# Instructions for the task
Pull out every line in the data that has the string "takes" in it.

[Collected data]
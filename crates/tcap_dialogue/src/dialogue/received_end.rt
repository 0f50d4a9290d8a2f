//! An End that is received (Q.774, Dialogue end).

// Hints to inline: each End that is received runs through it; docs/PERF.md says what the whole of it inlined gains.

ghost use Rattle.std.specs.Prelude.{◌≡◌, ◌≤◌, Option, true, option_copied, OnOk, OnErr};
ghost use Rattle.ber_core.specs.Place.{Slice};
ghost use Rattle.tcap_model.specs.Table.TableMove.{ended_by, walked_in};
ghost use Rattle.tcap_primitives.specs.Slices.{LieInPlace, PartsLieIn};
ghost use Rattle.tcap_dialogue.specs.StepViews.{StepsTo, outcome};
ghost use Rattle.tcap_invocation.specs.Stage.{moment_limit};
ghost use Rattle.tcap_model.specs.Procedures.PortionRules.PortionVerdict.{normal};
ghost use Rattle.tcap_model.specs.Procedures.PortionRules.{portion_verdict};

use super::Dialogue;
use super::ended_invocations::tell_ended;
use crate::component_handling::component_portion::{handle_in_end, room_for};
use ber_core::OutOfMemory;
use std::alloc::Allocator;
use tcap_primitives::{Indication, Sink, SinkKind, Why};
use tcap_reception::{PortionVerdict, judge_portion};

impl<A: Allocator + Copy> Dialogue<A> {
    /// An End whose dialogue portion is as it should be: it is told with its components, and then the
    /// dialogue is over. All room is found first.
    fn end_normal<'m, K: SinkKind>(
        &mut self,
        context: Option<&'m [u8]>,
        info: &'m [u8],
        components: &'m [u8],
        clock: u64,
        sink: &mut Sink<'m, A, K>,
    ) -> Result<(), OutOfMemory>
        requires { clock ≤ moment_limit }
        ensures ok { OnOk result (StepsTo sink.old.outputs sink.new.outputs true self.new
            (outcome (ended_by self.old (normal (option_copied context.entry) info.now)
            (walked_in clock self.old components.now)))) }
        ensures err { OnErr result (self.new ≡ self.old) }
        ensures still { OnErr result (sink.new.outputs ≡ sink.old.outputs) }
        ensures kept { self.new.standing.identifier ≡ self.old.standing.identifier }
        ensures place { (portion : Option Slice) → PartsLieIn 0x61 context.entry info.entry portion
            → LieInPlace portion components.entry sink.old.slices
            → LieInPlace portion components.entry sink.new.slices }
    {
        let told = Indication::End {
            dialogue: self.identifier,
            context,
            info,
        };
        let count = room_for(components)
            .saturating_add(self.invocations.open_count())
            .saturating_add(1);
        let octets = told.octet_count().saturating_add(components.len());
        sink.reserve(count, octets)?;
        sink.tell(told);
        handle_in_end(
            self.identifier,
            clock,
            components,
            &mut self.invocations,
            sink,
        );
        tell_ended(self.identifier, &mut self.invocations, sink);
        Ok(())
    }

    /// An End (Q.774, Dialogue end): the dialogue is over.
    #[inline(always)]
    pub(super) fn receive_end<'m, K: SinkKind>(
        &mut self,
        dialogue: Option<&'m [u8]>,
        components: &'m [u8],
        clock: u64,
        sink: &mut Sink<'m, A, K>,
    ) -> Result<(), OutOfMemory>
        requires { clock ≤ moment_limit }
        ensures ok { OnOk result (StepsTo sink.old.outputs sink.new.outputs true self.new
            (outcome (ended_by self.old (portion_verdict self.old.standing.state self.old.standing.context
            (option_copied dialogue.entry)) (walked_in clock self.old components.now)))) }
        ensures err { OnErr result (self.new ≡ self.old) }
        ensures still { OnErr result (sink.new.outputs ≡ sink.old.outputs) }
        ensures kept { self.new.standing.identifier ≡ self.old.standing.identifier }
        ensures place { LieInPlace dialogue.entry components.entry sink.old.slices
            → LieInPlace dialogue.entry components.entry sink.new.slices }
    {
        match judge_portion(&self.phase, &self.context, dialogue) {
            PortionVerdict::Normal { context, info } => {
                self.end_normal(context, info, components, clock, sink)
            }
            PortionVerdict::Abnormal => self.abort_provider(Why::Abnormal, sink),
        }
    }
}
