//! The address that a dialogue keeps, in the memory that it takes, and what else it keeps of a Begin.

// Its calls are inlined: apart they moved the address twice more, 60 instructions a turn of `register`.

ghost use Rattle.std.specs.Prelude.{◌≡◌, ◌≤◌, ◌<◌, ◌↔◌, ℕ, List, [], Option, IfNone, IfOk, IsTrue, OnOk, OnErr, length, take, true, option_copied, None};
ghost use Rattle.tcap_dialogue.specs.BeginMemory.{AreNamesOf};
ghost use Rattle.tcap_dialogue.specs.KeptOctets.{IsKept, kept_octets, most_in_place};
ghost use Rattle.tcap_primitives.specs.ContextViews.{context_view};
ghost use Rattle.tcap_model.specs.Procedures.Refusals.{can_name};

use ber_core::OutOfMemory;
use std::alloc::Allocator;
use std::fmt;
use std::marker::Model;
use tcap_address::Address;
use tcap_primitives::Context;

/// The most octets that stand in the dialogue itself (our own).
// With them an address is 32 octets, what the vector of a longer one takes with its tag.
const MOST_IN_PLACE: usize = 30;

/// An address of at most 30 octets: the first `len` of these, those behind mean nothing.
#[derive(Drop)]
struct Short {
    len: u8,
    octets: [u8; MOST_IN_PLACE],
}

impl Short {
    /// Becomes an address of so few octets.
    #[inline(always)]
    fn set(&mut self, octets: &[u8])
        requires { length octets.now ≤ most_in_place }
        ensures value { take self.new.len self.new.octets ≡ octets.now }
        ensures within { self.new.len ≤ most_in_place }
    {
        self.octets[..octets.len()].copy_from_slice(octets);
        self.len = octets.len() as u8;
    }
}

/// Where the octets of an address are.
#[derive(Drop)]
enum Held<A: Allocator + Copy> {
    /// Here.
    InPlace(Short),
    /// In a block of memory of their own.
    Apart(Vec<u8, A>),
}

/// The address that a dialogue keeps: 0 to 255 octets. At most 30 take no memory of the allocator, more take
/// one block of so many (our own).
#[derive(Drop)]
pub(super) struct KeptAddress<A: Allocator + Copy> {
    held: Held<A>,
}

impl<A: Allocator + Copy> Model for KeptAddress<A> {
    ghost use Rattle.std.specs.Prelude.{List, ℕ};
    ghost use Rattle.tcap_dialogue.specs.KeptOctets.{kept_octets, IsKept};

    ghost Value = { List ℕ };

    ghost view = { λ a. kept_octets a.held };

    ghost invariant = { λ a. IsKept a.held };
}

/// As that of `Address`.
impl<A: Allocator + Copy> fmt::Debug for KeptAddress<A> {
    fn fmt<W: fmt::Write>(&self, f: &mut fmt::Formatter<W>) -> fmt::Result {
        f.debug_struct("Address")
            .field("octets", &self.octets())
            .finish()
    }
}

impl<A: Allocator + Copy> KeptAddress<A> {
    /// The address of no octets.
    #[inline(always)]
    pub(super) fn empty() -> Self
        ensures { result ≡ [] }
    {
        KeptAddress {
            held: Held::InPlace(Short {
                len: 0,
                octets: [0; MOST_IN_PLACE],
            }),
        }
    }

    /// A copy of an address.
    #[inline(always)]
    pub(super) fn of(alloc: A, address: &Address) -> Result<Self, OutOfMemory>
        ensures ok { IfOk result (λ kept. kept ≡ address.now) }
        // What stands in place takes no memory.
        ensures err { OnErr result (most_in_place < length address.now) }
    {
        let octets = address.octets();
        let held = if octets.len() <= MOST_IN_PLACE {
            in_place(octets)
        } else {
            Held::Apart(Vec::from_slice(alloc, octets)?)
        };
        Ok(KeptAddress { held })
    }

    /// Its octets.
    #[inline(always)]
    pub(super) fn octets(&self) -> &[u8]
        ensures value { result.now ≡ self.now }
        ensures within { length result.now ≤ 255 }
    {
        match &self.held {
            Held::InPlace(short) => &short.octets[..usize::from(short.len)],
            Held::Apart(octets) => octets,
        }
    }

    /// Becomes a copy of an address, and gives back the memory of the one before.
    #[inline(always)]
    pub(super) fn set(&mut self, alloc: A, address: &Address) -> Result<(), OutOfMemory>
        ensures ok { OnOk result (self.new ≡ address.now) }
        ensures err { OnErr result (self.new ≡ self.old) }
        ensures memory { OnErr result (most_in_place < length address.now) }
    {
        *self = KeptAddress::of(alloc, address)?;
        Ok(())
    }

    /// Becomes a copy of an address that takes no memory, and gives back the memory of the one before.
    #[inline(always)]
    pub(super) fn set_short(&mut self, address: &Address)
        requires { length address.now ≤ most_in_place }
        ensures { self.new ≡ address.now }
    {
        let octets = address.octets();
        // Where it stands, if one stands there: made apart it was moved twice, 10 to 17 instructions a step by an
        // outbox.
        match &mut self.held {
            Held::InPlace(short) => short.set(octets),
            Held::Apart(_) => self.give_up_block(octets),
        }
    }

    /// `set_short`, where the one before has a block of its own.
    // Not inlined: with it, what takes a Begin would grow beyond what the toolchain inlines.
    #[inline(never)]
    fn give_up_block(&mut self, octets: &[u8])
        requires { length octets.now ≤ most_in_place }
        ensures { self.new ≡ octets.now }
    {
        self.held = in_place(octets);
    }
}

/// Whether an address takes no memory.
#[inline(always)]
pub(super) fn is_short(address: &Address) -> bool
    ensures { IsTrue result ↔ (length address.now ≤ most_in_place) }
{
    address.octets().len() <= MOST_IN_PLACE
}

/// So few octets, in place.
#[inline(always)]
fn in_place<A: Allocator + Copy>(octets: &[u8]) -> Held<A>
    requires { length octets.now ≤ most_in_place }
    ensures value { kept_octets result ≡ octets.now }
    ensures kept { IsKept result }
{
    // Not by `set`: with it, what takes a Begin would grow beyond what the toolchain inlines, 105 instructions a step.
    let mut place = [0; MOST_IN_PLACE];
    place[..octets.len()].copy_from_slice(octets);
    Held::InPlace(Short {
        len: octets.len() as u8,
        octets: place,
    })
}

/// What a dialogue keeps of a Begin for good: the address of the peer, and the context.
#[derive(Drop)]
pub(super) struct Names<A: Allocator + Copy> {
    pub(super) kept: KeptAddress<A>,
    pub(super) context: Option<Context<A>>,
}

impl<A: Allocator + Copy> Names<A> {
    /// A copy of these.
    // Each call has its own copy, as those of `KeptAddress` have: apart they moved the address twice more, which took
    // 60 instructions a turn of `register`.
    #[inline(always)]
    pub(super) fn of(
        alloc: A,
        peer: &Address,
        context: Option<&[u8]>,
    ) -> Result<Names<A>, OutOfMemory>
        requires named { can_name (option_copied context) ≡ true }
        ensures kept { IfOk result (λ names. names.kept ≡ peer.now) }
        ensures named { IfOk result (λ names. context_view names.context ≡ option_copied context.entry) }
    {
        let context = Context::of_any(alloc, context)?;
        let kept = KeptAddress::of(alloc, peer)?;
        Ok(Names { kept, context })
    }
}

/// Keeps an address that takes no memory, and no context.
// Written where they stay: by way of `Names` they took 50 to 65 instructions more.
#[inline(always)]
pub(super) fn keep_short<A: Allocator + Copy>(
    peer: &Address,
    kept: &mut KeptAddress<A>,
    context: &mut Option<Context<A>>,
)
    requires { length peer.now ≤ most_in_place }
    ensures kept { kept.new ≡ peer.now }
    ensures context { context_view context.new ≡ None }
{
    kept.set_short(peer);
    if context.is_some() {
        *context = None;
    }
}

/// Keeps the address of the peer and the context that it named, of which copies were made where they take memory.
#[inline(always)]
pub(super) fn keep_found<A: Allocator + Copy>(
    peer: &Address,
    found: &mut Option<Names<A>>,
    kept: &mut KeptAddress<A>,
    context: &mut Option<Context<A>>,
)
    requires { IfNone found.old (length peer.now ≤ most_in_place) }
    ensures found { found.new ≡ None }
    ensures kept { (named : Option (List ℕ)) → AreNamesOf found.old peer.now named → kept.new ≡ peer.now }
    ensures context { (named : Option (List ℕ)) → AreNamesOf found.old peer.now named
        → context_view context.new ≡ named }
{
    match found.take() {
        Some(names) => {
            *kept = names.kept;
            *context = names.context;
        }
        None => keep_short(peer, kept, context),
    }
}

# Written reply
//! The address that a dialogue keeps, in the memory that it takes, and what else it keeps of a Begin.
// With them an address is 32 octets, what the vector of a longer one takes with its tag.
        // What stands in place takes no memory.
    /// Becomes a copy of an address that takes no memory, and gives back the memory of the one before.
    // Not inlined: with it, what takes a Begin would grow beyond what the toolchain inlines.
/// Whether an address takes no memory.
    // Not by `set`: with it, what takes a Begin would grow beyond what the toolchain inlines, 105 instructions a step.
/// Keeps an address that takes no memory, and no context.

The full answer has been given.